Sam Altman has sent a personal apology to the people of Tumbler Ridge, British Columbia, telling the town he is “deeply sorry” that OpenAI did not alert police before a mass shooting that killed eight people and wounded dozens. The OpenAI CEO acknowledged the community’s grief and said a direct apology was necessary even as families are still mourning, as scrutiny intensifies over how AI companies spot and escalate potentially dangerous user behavior.
In a letter on Thursday, Altman wrote, “I am deeply sorry that we did not alert law enforcement to the account that was banned in June,” and pledged that OpenAI would work with governments and mental health experts to prevent anything similar from happening again, according to The Associated Press. British Columbia’s premier later shared the letter publicly, and it was posted on a local site in what Altman described as an attempt to respect how the community wanted to handle its grieving process.
Authorities say the shooter, 18-year-old Jesse Van Rootselaar, killed family members at a home before attacking Tumbler Ridge Secondary School on February 10, leaving eight people dead and dozens injured. Van Rootselaar died of an apparently self-inflicted gunshot wound, police said, as reported by The Associated Press. After the attack, it emerged that OpenAI’s systems had flagged and later banned a related ChatGPT account in June, a revelation that has fueled demands from Canadian officials for far more transparency.
Published reports say OpenAI’s abuse-detection tools flagged the user’s conversations months before the shooting and that some employees debated whether to bring the case to law enforcement. The company ultimately decided the activity did not meet its threshold for a credible or imminent threat, according to The Guardian. Those internal disagreements, and the choice not to notify police, now sit at the center of lawsuits and government investigations into how AI platforms should handle violent or threatening content.

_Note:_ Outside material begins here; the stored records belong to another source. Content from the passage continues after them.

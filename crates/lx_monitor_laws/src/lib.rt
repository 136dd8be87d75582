//! Laws of the monitor and of images in words of their own, so that a definition that is wrong together with its code breaks one: what requests do to
//! each byte of memory, what calls enter, who holds what, what actions do to owners, which actions a crossing does, what a report tells, which bytes
//! a guard is enough for, for whom a module's text asks, and which instructions a table decides.
//!
//! ```text
//! effect_laws();
//! // Behind a block copy each byte of the destination is the byte that stood at its place in the source before, and all others are as they were.
//! action_laws();
//! // Behind a transfer nobody but its destination owns an atom of the items.
//! crossing_laws();
//! // A call that crosses comes to each action of its annotation, once and in order.
//! mark_laws();
//! // Behind a guard of 8 bytes at 0x2000000 a store of 8 bytes there is asked for the principal on top, and one of 8 bytes at 0x2000004 for
//! // the kernel, since the guard does not name its last four bytes.
//! jump_table_laws();
//! // A switch of nine cases, each of which is a number, has a table; one of eight need not have one.
//! ```
#![tactic(auto)]

ghost use Rattle.lx_monitor_laws.specs.ActionLaws.{ActionLaws};
ghost use Rattle.lx_monitor_laws.specs.CountLaws.{CountLaws};
ghost use Rattle.lx_monitor_laws.specs.CrossingLaws.{CrossingLaws};
ghost use Rattle.lx_monitor_laws.specs.EffectLaws.{EffectLaws};
ghost use Rattle.lx_monitor_laws.specs.EntryLaws.{EntryLaws};
ghost use Rattle.lx_monitor_laws.specs.HoldingLaws.{HoldingLaws};
ghost use Rattle.lx_monitor_laws.specs.MarkLaws.{MarkLaws};
ghost use Rattle.lx_monitor_laws.specs.Outcomes.{WorkedOutcomes};
ghost use Rattle.lx_monitor_laws.specs.JumpTableLaws.{JumpTableLaws};

use lx_caps::{owner_laws, region_laws};
use lx_model::authority_laws;

/// What each request that goes on does to each byte of memory, and what it is answered. One that ends its call changes no byte.
pub fn effect_laws()
    ensures { EffectLaws }
{}

/// What a call through a slot enters stands in the slot, and where the slot has a writer, it has the annotation of the slot's type. Which
/// calls cross.
pub fn entry_laws()
    ensures { EntryLaws }
{
    authority_laws();
}

/// The kernel holds what lies in memory, and a principal of a module what those own that count for it.
pub fn holding_laws()
    ensures { HoldingLaws }
{
    owner_laws();
    region_laws();
}

/// A transfer leaves its items to its destination alone; no other action takes anything, and each gives to its destination alone.
pub fn action_laws()
    ensures { ActionLaws }
{}

/// A call that crosses comes to the actions of its function's annotation before its body, each once and in order, from the caller to the
/// function, and behind its return to those behind the body, from the function to the caller.
pub fn crossing_laws()
    ensures { CrossingLaws }
{}

/// The line of a report for each way in which a call ends.
pub fn worked_outcomes()
    ensures { WorkedOutcomes }
{}

/// The numbers of guards, checks and wrappers that are reported of a module are those of its image with all guards.
pub fn count_laws()
    ensures { CountLaws }
{}

/// A guard is enough for a range exactly where it names each of its bytes, and a check for its own target alone. What a module's text does
/// behind such a mark is asked for the principal on top of its thread, and what it does without one for the kernel.
pub fn mark_laws()
    ensures { MarkLaws }
{}

/// Which switches and phis are decided by a table, and that each of those has one.
pub fn jump_table_laws()
    ensures { JumpTableLaws }
{}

Legal exposure and political fallout
In March, the mother of a critically injured 12-year-old victim filed a civil claim in the British Columbia Supreme Court alleging that OpenAI had “specific knowledge” that the shooter was using ChatGPT to plan violence, according to Global News. The company is also facing a separate wrongful-death lawsuit from the parents of a California teen who say ChatGPT helped their son research suicide methods, a case detailed by TechCrunch that has already driven changes to the product’s safety features.
OpenAI's response and the next steps
OpenAI says it has been updating ChatGPT’s safety systems and partnering with mental health professionals to improve how the chatbot responds when users show signs of psychosis, mania, self-harm, or intense emotional attachment. The company has framed those changes as part of a broader push to reduce the risk of future harm, according to Business Insider. Altman’s letter, combined with meetings Canadian officials held with OpenAI executives earlier this year, suggests regulators intend to press the company for clearer and tougher escalation rules.

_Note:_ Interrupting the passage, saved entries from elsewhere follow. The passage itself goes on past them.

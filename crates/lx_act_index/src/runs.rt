//! Runs of bits that are alike.
ghost use Rattle.std.specs.Prelude.{◌≡◌, ◌<◌, ◌≤◌, ℕ, not, false, if◌then◌else◌, None};
ghost use Rattle.lx_cap_nodes.specs.Bits.{is_set};
ghost use Rattle.lx_act_index.specs.Runs.{byte_or_end, said_at};

use lx_cap_lists::{PART, Piece, bits_from, first_byte, is_set, piece_bits};
use lx_caps::Atom;

/// All bytes of a part.
const WHOLE: Piece = Piece {
    part: 0,
    from: 0,
    to: PART,
};

fn byte_or_end(found: Option<Atom>) -> u64
    ensures { result ≡ byte_or_end found }
{
    match found {
        Some(Atom::Byte(at)) => at,
        _ => PART,
    }
}

/// The place of the first bit from one on that is set, or behind the last one.
fn next_set(mask: u64, from: u64) -> u64
    requires { from ≤ 64 }
    ensures low { from ≤ result }
    ensures bound { result ≤ 64 }
    ensures none { (k : ℕ) → from ≤ k → k < result → is_set mask k ≡ false }
{
    byte_or_end(first_byte(0, bits_from(mask, from)))
}

/// The bits that are not set.
fn others(mask: u64) -> u64
    ensures { (k : ℕ) → k < 64 → is_set result k ≡ not (is_set mask k) }
{
    piece_bits(WHOLE) & !mask
}

/// Where the bits end that are as the one at a place.
fn run_end(mask: u64, bit: u64) -> u64
    requires { bit < 64 }
    ensures more { bit < result }
    ensures bound { result ≤ 64 }
    ensures alike { (k : ℕ) → bit ≤ k → k < result → is_set mask k ≡ is_set mask bit }
{
    if is_set(mask, bit) {
        next_set(others(mask), bit + 1)
    } else {
        next_set(mask, bit + 1)
    }
}

/// What is said of a bit, where something is said of those of a mask.
pub fn said_at(said: Option<bool>, mask: u64, bit: u64) -> Option<bool>
    requires { bit < 64 }
    ensures { result ≡ said_at said mask bit }
{
    if is_set(mask, bit) { said } else { None }
}

/// Where the bits end of which the same is said as of the one at a place, but no farther than `end`.
pub fn said_until(said: Option<bool>, mask: u64, bit: u64, end: u64) -> u64
    requires some { bit < end }
    requires within { end ≤ 64 }
    ensures more { bit < result }
    ensures bound { result ≤ end }
    ensures alike { (k : ℕ) → bit ≤ k → k < result → said_at said mask k ≡ said_at said mask bit }
{
    match said {
        Some(_) => end.min(run_end(mask, bit)),
        None => end,
    }
}
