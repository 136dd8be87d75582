//! Acts as they are noted in lines and threads.
ghost use Rattle.std.specs.Prelude.{◌≡◌, true, OnOk, OnErr};
ghost use Rattle.lx_caps.specs.declared.Act.TheVariants.{Lend};
ghost use Rattle.lx_caps.specs.Placed.{is_placed, is_placed_act};
ghost use Rattle.lx_act_index.specs.Index.{Keeps, Notes};
ghost use Rattle.lx_act_index.specs.Table.{IsTable};

use crate::lines::Said;
use crate::table::{Saying, Table, say};
use crate::threads::{Thread, newest_loan, open_loan, shut_all_loans, shut_loans};
use lx_caps::{Act, Cap, Principal};
use lx_words::Memory;

/// A thread lends a principal a capability.
#[derive(Clone, Copy)]
struct Lent {
    thread: u32,
    to: Principal,
    cap: Cap,
}

/// Notes a lend. It says nothing where the newest loan of its thread has ended.
fn note_lend(table: &mut Table, threads: &[Thread], number: u32, lent: Lent) -> Result<(), Memory>
    requires placed { is_placed lent.cap ≡ true }
    requires table { IsTable table.old }
    ensures table { IsTable table.new }
    ensures ok { OnOk result (Notes number (Lend lent.thread lent.to lent.cap) table.old threads.now table.new threads.now) }
    ensures err { OnErr result (Keeps table.old threads.now table.new threads.now) }
{
    match newest_loan(threads, lent.thread) {
        Some(loan) => {
            let saying = Saying {
                said: Said::Lend(loan, lent.to),
                act: number,
            };
            say(table, threads, saying, lent.cap)?;
            Ok(())
        }
        None => Ok(()),
    }
}

/// Notes an act, which has the number.
pub fn note_act(
    table: &mut Table,
    threads: &mut Vec<Thread>,
    number: u32,
    act: Act,
) -> Result<(), Memory>
    requires placed { is_placed_act act ≡ true }
    requires table { IsTable table.old }
    ensures table { IsTable table.new }
    ensures ok { OnOk result (Notes number act table.old threads.old.items table.new threads.new.items) }
    ensures err { OnErr result (Keeps table.old threads.old.items table.new threads.new.items) }
{
    match act {
        Act::Grant(to, cap) => {
            let saying = Saying {
                said: Said::Grant(to),
                act: number,
            };
            say(table, threads.as_slice(), saying, cap)?;
            Ok(())
        }
        Act::Strip(cap) => {
            let saying = Saying {
                said: Said::Strip,
                act: number,
            };
            say(table, threads.as_slice(), saying, cap)?;
            Ok(())
        }
        Act::Zero { .. } => Ok(()),
        Act::Loan(thread) => {
            open_loan(table.alloc, threads, thread, number)?;
            Ok(())
        }
        Act::Lend(thread, to, cap) => {
            note_lend(table, threads.as_slice(), number, Lent { thread, to, cap })?;
            Ok(())
        }
        Act::Shut(thread, n) => {
            shut_loans(threads, thread, n);
            Ok(())
        }
        Act::ShutAll(thread) => {
            shut_all_loans(threads, thread);
            Ok(())
        }
    }
}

Canadian officials have already summoned OpenAI representatives to Ottawa to explain how those rules currently work, and provincial leaders say the episode could spur new requirements for how AI companies report potential threats, according to The Associated Press. For Silicon Valley, and San Francisco in particular, where OpenAI is based, the fallout is a stark reminder that safety failures abroad can quickly turn into local political and legal headaches.